НОТР-ДАМ — СОБОР ПАРИЖСКОЙ БОГОМАТЕРИ

We use cookies. Read the Privacy and Cookie Policy

В начале XII века в Париже существовало множество строительных проектов, но ему недоставало большого храма. Город был полон паломников и священных реликвий, но так и не стал центром религиозной жизни страны. Громкие заявления священников и простых парижан о том, что столица является священным градом великой веры, без воплощения символа этой веры в камне были пустым звуком. Не менее серьезен был аргумент горожан о том, что без собора Париж не сможет стать настоящим оплотом христианства.

Епископ Парижский долго добивался от властей решения построить новый собор; о том же мечтал аббат Сюжер, который за год до собственной смерти, в 1150 году, передал строящемуся храму витражи (витражное окно с изображением Девы Марии случайно разбили в 1731 году). Решение построить собор имело и политическую подоплеку: Париж продолжал соперничать с Римом, и парижане не могли проигрывать в архитектуре.
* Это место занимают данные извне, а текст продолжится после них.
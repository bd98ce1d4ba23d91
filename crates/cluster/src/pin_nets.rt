//! The nets on the pins of all clusters, and the blocks that read each net.
ghost use Rattle.std.specs.Prelude.{◌≡◌, ℕ, List, [], ◌++◌, IfOk, length};
ghost use Rattle.cluster.specs.Prelude.{IsCircuit, LogicElement, pairs_with};
ghost use Rattle.cluster.specs.ClusterPins.{AreClustersOf, AreSetsOf, IsBegun, TellReaders, clocks_of_clusters, inputs_of_clusters, readers_by_net};

use crate::cluster_sets::ClusterSets;
use ble_cluster::Bles;
use blif::Circuit;
use rows::{Keyed, Rows};
use std::alloc::{AllocError, Global};

/// The outside inputs and the clocks of each cluster, and for each net of the circuit the blocks
/// that read it.
#[derive(Drop)]
pub(crate) struct PinNets {
    pub(crate) inputs: Rows,
    pub(crate) clocks: Rows,
    pub(crate) readers: Rows,
}

impl PinNets {
    pub(crate) fn new(
        alloc: Global,
        circuit: &Circuit,
        bles: &Bles,
        clusters: &Rows,
    ) -> Result<Self, AllocError>
        requires circuit { IsCircuit circuit.now }
        requires clusters { AreClustersOf circuit.now bles.now clusters.now }
        ensures inputs { IfOk result (λ nets.
            nets.inputs ≡ inputs_of_clusters bles.now clusters.now) }
        ensures clocks { IfOk result (λ nets.
            nets.clocks ≡ clocks_of_clusters bles.now clusters.now) }
        ensures readers { IfOk result (λ nets.
            nets.readers ≡ readers_by_net circuit.now bles.now clusters.now) }
    {
        let mut gathered = Gathered::new(alloc, circuit)?;
        match gathered.add_all(alloc, circuit, bles, clusters) {
            Ok(readers) => Ok(gathered.into_nets(readers)),
            Err(error) => {
                drop(gathered);
                Err(error)
            }
        }
    }
}

/// The nets of the clusters so far, and pairs of a net and a block that reads it.
#[derive(Drop)]
struct Gathered {
    inputs: Rows,
    clocks: Rows,
    pairs: Vec<Keyed>,
}

impl Gathered {
    /// The state before the first cluster, with the pads of all outputs.
    fn new(alloc: Global, circuit: &Circuit) -> Result<Self, AllocError>
        requires { IsCircuit circuit.now }
        ensures inputs { IfOk result (λ gathered. gathered.inputs ≡ []) }
        ensures clocks { IfOk result (λ gathered. gathered.clocks ≡ []) }
        ensures pairs { IfOk result (λ gathered.
            (elements : List LogicElement) (clusters : List (List ℕ)) →
            TellReaders circuit.now elements clusters (length circuit.now.outputs) 0
            gathered.pairs.items) }
    {
        let pairs = pad_pairs(alloc, circuit)?;
        Ok(Gathered {
            inputs: Rows::new(alloc),
            clocks: Rows::new(alloc),
            pairs,
        })
    }

    /// Adds all clusters to the initial state. Returns the readers of each net.
    fn add_all(
        &mut self,
        alloc: Global,
        circuit: &Circuit,
        bles: &Bles,
        clusters: &Rows,
    ) -> Result<Rows, AllocError>
        requires clusters { AreClustersOf circuit.now bles.now clusters.now }
        requires begun { IsBegun circuit.now bles.now clusters.now self.old }
        ensures inputs { IfOk result (λ _. self.new.inputs
            ≡ inputs_of_clusters bles.now clusters.now) }
        ensures clocks { IfOk result (λ _. self.new.clocks
            ≡ clocks_of_clusters bles.now clusters.now) }
        ensures readers { IfOk result (λ readers.
            readers ≡ readers_by_net circuit.now bles.now clusters.now) }
    {
        let count = circuit.nets.len();
        let mut sets = ClusterSets::new(alloc, count)?;
        let added = self.add_with(&mut sets, circuit, bles, clusters);
        drop(sets);
        added?;
        Rows::by_key(alloc, count, self.pairs.as_slice())
    }

    /// Adds all clusters, using these empty sets.
    fn add_with(
        &mut self,
        sets: &mut ClusterSets,
        circuit: &Circuit,
        bles: &Bles,
        clusters: &Rows,
    ) -> Result<(), AllocError>
        requires clusters { AreClustersOf circuit.now bles.now clusters.now }
        requires begun { IsBegun circuit.now bles.now clusters.now self.old }
        requires sets { AreSetsOf (length circuit.now.nets) sets.old }
        ensures inputs { IfOk result (λ _. self.new.inputs
            ≡ inputs_of_clusters bles.now clusters.now) }
        ensures clocks { IfOk result (λ _. self.new.clocks
            ≡ clocks_of_clusters bles.now clusters.now) }
        ensures pairs { IfOk result (λ _. TellReaders circuit.now bles.now clusters.now
            (length circuit.now.outputs) (length clusters.now) self.new.pairs.items) }
    {
        let first = circuit.inputs.as_slice().len() + circuit.outputs.as_slice().len();
        for cluster in 0..clusters.len() {
            sets.gather(bles, clusters.row(cluster))?;
            self.inputs.push(sets.inputs.nets())?;
            self.clocks.push(sets.clocks.nets())?;
            sets.inputs.insert_all(sets.clocks.nets())?;
            add_pairs(
                &mut self.pairs,
                sets.inputs.nets(),
                (first + cluster) as u32,
            )?;
        }
        Ok(())
    }

    /// The nets, with these readers.
    fn into_nets(self, readers: Rows) -> PinNets
        ensures inputs { result.inputs ≡ self.inputs }
        ensures clocks { result.clocks ≡ self.clocks }
        ensures readers { result.readers ≡ readers }
    {
        let Gathered {
            inputs,
            clocks,
            pairs,
        } = self;
        drop(pairs);
        PinNets {
            inputs,
            clocks,
            readers,
        }
    }
}

/// Each output's net, paired with its pad's number.
fn pad_pairs(alloc: Global, circuit: &Circuit) -> Result<Vec<Keyed>, AllocError>
    requires { IsCircuit circuit.now }
    ensures { IfOk result (λ pairs. (elements : List LogicElement) (clusters : List (List ℕ)) →
        TellReaders circuit.now elements clusters (length circuit.now.outputs) 0 pairs.items) }
{
    let inputs = circuit.inputs.as_slice().len();
    let mut pairs = Vec::new(alloc);
    for (pad, net) in circuit.outputs.as_slice().iter().enumerate() {
        pairs.push(Keyed {
            key: *net,
            item: (inputs + pad) as u32,
        })?;
    }
    Ok(pairs)
}

/// Appends each of the nets, paired with the item.
fn add_pairs(pairs: &mut Vec<Keyed>, nets: &[u32], item: u32) -> Result<(), AllocError>
    ensures { IfOk result (λ _. pairs.new.items ≡ pairs.old.items ++ pairs_with item nets.now) }
{
    for net in nets {
        pairs.push(Keyed { key: *net, item })?;
    }
    Ok(())
}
Чтобы Париж воспринимали как религиозную столицу, ему нужен был новый собор.

За два года до рождения Филиппа-Августа, в 1163 году, на глазах крестьянского сына Сюлли, рожденного в долине Луары и ставшего епископом Парижским, в фундамент собора Нотр-Дам были заложены первые камни.

Сюлли не только осуществлял надзор за стройкой, посещая ее ежедневно, но и из собственного кармана финансировал часть работ, тратил ренту, полученную от владений, разбросанных вокруг Парижа. Первым делом следовало разобрать развалины церкви Сен-Этьен, построенной еще при Меровингах, и прилегавшего к ней рынка. В 1180 году работы по расчистке территории и строительству начались и наконец появились очертания трансепта.
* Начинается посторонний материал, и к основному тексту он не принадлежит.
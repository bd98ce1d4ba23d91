//! How a strip's routing graph lies in its device's.
ghost use Rattle.std.specs.Prelude.{◌≡◌, ◌+◌, ◌<◌, ◌≤◌, ◌^◌, true, false};
ghost use Rattle.arch_file.specs.declared.arch.Arch.{Arch};
ghost use Rattle.grid.specs.declared.Strip.{Strip};
ghost use Rattle.rr_graph.specs.declared.node.Node.{Node};
ghost use Rattle.rr_graph.specs.Geometry.{is_edge, is_node, node_at_offset};
ghost use Rattle.strips.specs.declared.placed_strip.PlacedStrip.{PlacedStrip};
ghost use Rattle.strips.specs.Plan.{AreApart};
ghost use Rattle.strips.specs.Windows.{IsBeside, is_in_window, moved_back, strip_of_width, in_strip_columns};

use rr_graph::{Node, laws_of_geometry};

/// Returns the device's node for a node of a strip at that offset: the node moved `offset` columns
/// to the right.
pub fn shift(offset: u32, node: Node) -> Node
    requires { offset + node.x < 2 ^ 32 }
    ensures { result ≡ node_at_offset offset node }
{
    Node {
        x: node.x + offset,
        ..node
    }
}

/// Returns the strip's node for a node of the device, for a strip at that offset; `None` if the
/// node lies to the left of the strip's columns.
pub fn unshift(offset: u32, node: Node) -> Option<Node>
    ensures { result ≡ in_strip_columns offset node }
{
    if node.x < offset {
        return None;
    }
    Some(Node {
        x: node.x - offset,
        ..node
    })
}

/// The laws of windows. The device is a strip of all its columns. A strip on it sees the nodes in
/// its window as those of a device of its own width, and an edge that leaves the window reaches no
/// other strip.
pub fn laws_of_windows()
    // A strip's node, moved to the strip's offset, is in its window, and moved back it is the node
    // again.
    ensures there { (arch : Arch) (device : Strip) (strip : PlacedStrip) (node : Node) →
        is_node arch (strip_of_width device strip.width) node ≡ true →
        (is_in_window arch device strip (node_at_offset strip.offset node) ≡ true)
        × (moved_back strip.offset (node_at_offset strip.offset node) ≡ node) }
    // An edge of the device's graph with both ends in a strip's window is an edge of the strip's
    // graph, moved there, and each edge of the strip's graph is one of these.
    ensures pairs { (arch : Arch) (device : Strip) (strip : PlacedStrip) (a b : Node) →
        strip.offset + strip.width ≤ device.width →
        is_in_window arch device strip a ≡ true → is_in_window arch device strip b ≡ true →
        is_edge arch device a b
        ≡ is_edge arch (strip_of_width device strip.width) (moved_back strip.offset a)
        (moved_back strip.offset b) }
    // An edge that leaves a window ends in a pin, or in a wire above a row, of a column beside the
    // strip.
    ensures leaving { (arch : Arch) (device : Strip) (strip : PlacedStrip) (a b : Node) →
        is_edge arch device a b ≡ true →
        is_in_window arch device strip a ≡ true → is_in_window arch device strip b ≡ false →
        IsBeside strip b }
    // Those pins and wires are in no window of a strip that is apart from this one.
    ensures beside { (arch : Arch) (device : Strip) (strip other : PlacedStrip) (node : Node) →
        AreApart strip other → IsBeside strip node →
        is_in_window arch device other node ≡ false }
    // No node is in the windows of two strips that are apart.
    ensures apart { (arch : Arch) (device : Strip) (strip other : PlacedStrip) (node : Node) →
        AreApart strip other →
        is_in_window arch device strip node ≡ true → is_in_window arch device other node ≡ false }
{
    laws_of_geometry();
}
Строители планировали возвести собор, который «станет над водами словно огромный и величественный корабль». Внимательный взгляд заметит, что храм определенно возведен в парижском стиле, с акцентом на детали декора, а не на целостную монументальность образа (парижские мастера особенно гордились своим умением обрабатывать камень). В этом лее стиле сооружены расположенные неподалеку храмы Сен-Дени и Сенли.

Камень для строительства доставляли из Вожирара и Монружа. Для того чтобы обеспечить пути подвоза строительных материалов с берегов Сены, в лабиринте острова Ситэ проложили новые улицы. Лишь через 10 лет Сюлли увидел алтарь, а сам собор строили два века, но с самого начала стройки жизнь на площади, на Паперти Нотр-Дам, и по сей день считающейся центром Франции, била ключом.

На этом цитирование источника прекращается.